National Voices asked patients what they wanted from the system—and I shall give noble Lords some quotes. They said:

“My care is planned with people who work together to understand me and my carer(s), put me in control, co-ordinate and deliver services to achieve my best outcomes”.


I do not think that that is an outlandish demand. However, it recognises that, while we may be trying to patch together different services and feel that we have succeeded when two organisations say that they are talking to each other, the end product of integration for service users is an outcome whereby they feel more in control of what is going on. The outcome of all this co-ordination means that they and their carers understand what they need to do to keep improving and help make things happen. They said that they wanted to be able to say:

“I was supported to set and achieve my own goals. Taken together, my care and support helped me live the life I want to the best of my ability. I was in control of planning my care and support. I could decide the kind of support I needed and how to receive it”.


I am afraid that we are still a long way away from getting professionals to talk to each other about the whole person they are meant to be helping. Even when we get to that, unless that collective voice of professionals puts the service user in control, we will not really get the outcomes that we need. How do service users want communication to take place? Again, they have some simple wishes. They always want to be

“kept informed about what the next steps would be”.

They want to be sure that “the professionals involved” have “talked to each other”, so that they can see that they have “worked as a team”. They want to be able to say:

“I had one first point of contact. They understood both me and my condition(s). I could go to them with questions at any time. That person helped me to get other services and help, and to put everything together”.

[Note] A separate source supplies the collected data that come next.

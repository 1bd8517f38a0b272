//! A list of calls on a planner newly opened, and then a question.
ghost use Rattle.std.specs.Prelude.{length};
ghost use Rattle.scheme.specs.Task.{task_of};
ghost use Rattle.planner.specs.Asks.{Conducted, ConductedAlone, Later};
ghost use Rattle.planner.specs.Parts.{LeadsTo};
ghost use Rattle.rules.specs.Calls.Call.{ask as to_ask};
ghost use Rattle.planner.specs.Views.{call_of, calls_of};

use crate::types::{Answer, Planner, Request};
use chooser::{Chooser, Terms};
use rounds::Question;
use scheme::Refusal;
use tariff::Tariff;

impl<T: Tariff, C: Chooser> Planner<T, C> {
    /// Opens the planner, makes the calls of a list, letting go of what they answer, and asks a question.
    pub fn conduct(
        &mut self,
        requests: &[Request<'_, T>],
        terms: &Terms<'_, T>,
        order: &mut [u8],
    ) -> Result<Answer<T::Value>, Refusal>
        ensures conducted { Conducted T.Tariff.scale C.Chooser.room (calls_of requests.now) terms.now.prices.now terms.now.bars (length order.old) result order.new (task_of self.new.scheme) (C.Chooser.kept self.new.chooser) }
        ensures later { Later result order.old order.new }
        ensures alone { ConductedAlone T.Tariff.scale C.Chooser.room (calls_of requests.now) terms.now.prices.now terms.now.bars order.old result order.new (task_of self.new.scheme) (C.Chooser.kept self.new.chooser) }
    {
        self.open();
        for request in requests {
            self.obey(request);
        }
        self.ask(terms, order)
    }

    /// Makes one call of a list.
    fn obey(&mut self, request: &Request<'_, T>)
        ensures { LeadsTo T.Tariff.scale C.Chooser.room C.Chooser.kept self.old (call_of request.now) self.new }
    {
        match request {
            Request::Enter { work } => {
                let _ = self.enter(*work);
            }
            Request::Amend { number, work } => {
                let _ = self.amend(*number, *work);
            }
            Request::Stand { item } => {
                let _ = self.stand(*item);
            }
            Request::Want { item } => {
                let _ = self.want(*item);
            }
            Request::Waive { item } => {
                let _ = self.waive(*item);
            }
            Request::Mark { terms, paper } => {
                let _ = self.mark(terms, paper);
            }
            Request::Ask { terms, places } => self.put(terms, *places),
        }
    }

    /// Puts a question for which no list was lent: its order is not written.
    fn put(&mut self, terms: &Terms<'_, T>, places: usize)
        ensures { LeadsTo T.Tariff.scale C.Chooser.room C.Chooser.kept self.old (to_ask terms.now.prices.now terms.now.bars places) self.new }
    {
        let question = Question {
            scheme: &self.scheme,
            terms: *terms,
        };
        let _ = question.put(places, &mut self.chooser);
    }
}
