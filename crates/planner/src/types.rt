//! Planners and their answers.
ghost use Rattle.scheme.specs.Task.{task_of};
ghost use Rattle.planner.specs.Led.{Led};

use chooser::{Chooser, Terms};
use scheme::{Scheme, Work};
use tariff::Tariff;

/// What a question answers: how many works its order has, its total, and the rounds that were made.
#[derive(Clone, Copy, PartialEq, Eq, Debug)]
pub struct Answer<V> {
    pub length: usize,
    pub total: V,
    pub rounds: usize,
}

/// One call on a planner, for a list of calls. An enum, and no closures: the list is what the contract speaks of.
#[derive_where(Clone, Copy)]
pub enum Request<'a, T: Tariff> {
    Enter {
        work: Work,
    },
    Amend {
        number: u8,
        work: Work,
    },
    Stand {
        item: u8,
    },
    Want {
        item: u8,
    },
    Waive {
        item: u8,
    },
    Mark {
        terms: Terms<'a, T>,
        paper: &'a [u8],
    },
    Ask {
        terms: Terms<'a, T>,
        places: usize,
    },
}

/// A scheme above its chooser, under one tariff: what they hold and keep is what some list of calls since an opening leads to.
#[derive(Drop)]
pub struct Planner<T: Tariff, C: Chooser> {
    pub(crate) tariff: T,
    pub(crate) scheme: Scheme,
    pub(crate) chooser: C,
    ghost led: { Led T.Tariff.scale C.Chooser.room (task_of scheme) (C.Chooser.kept chooser) },
}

People with different needs know that they need different expertise, and they welcome that expertise—but first they want to know first that the professionals will talk to each other and that someone will put everything together.

These statements—and I could go on—are straightforward and moderate wishes. As I understand it, integration has been in the last three NHS plans. There was even an integration White Paper two years ago yet, last year, with all the new structure that the Government say we must wait to see, NHS England and the DHSC issued contradictory instructions to ICBs, ICSs and trusts. That means that, if they take any notice, they will revert to working in silos. We have to move away from the rhetoric and get on with delivering what patients need, when they need it and in the place they need it.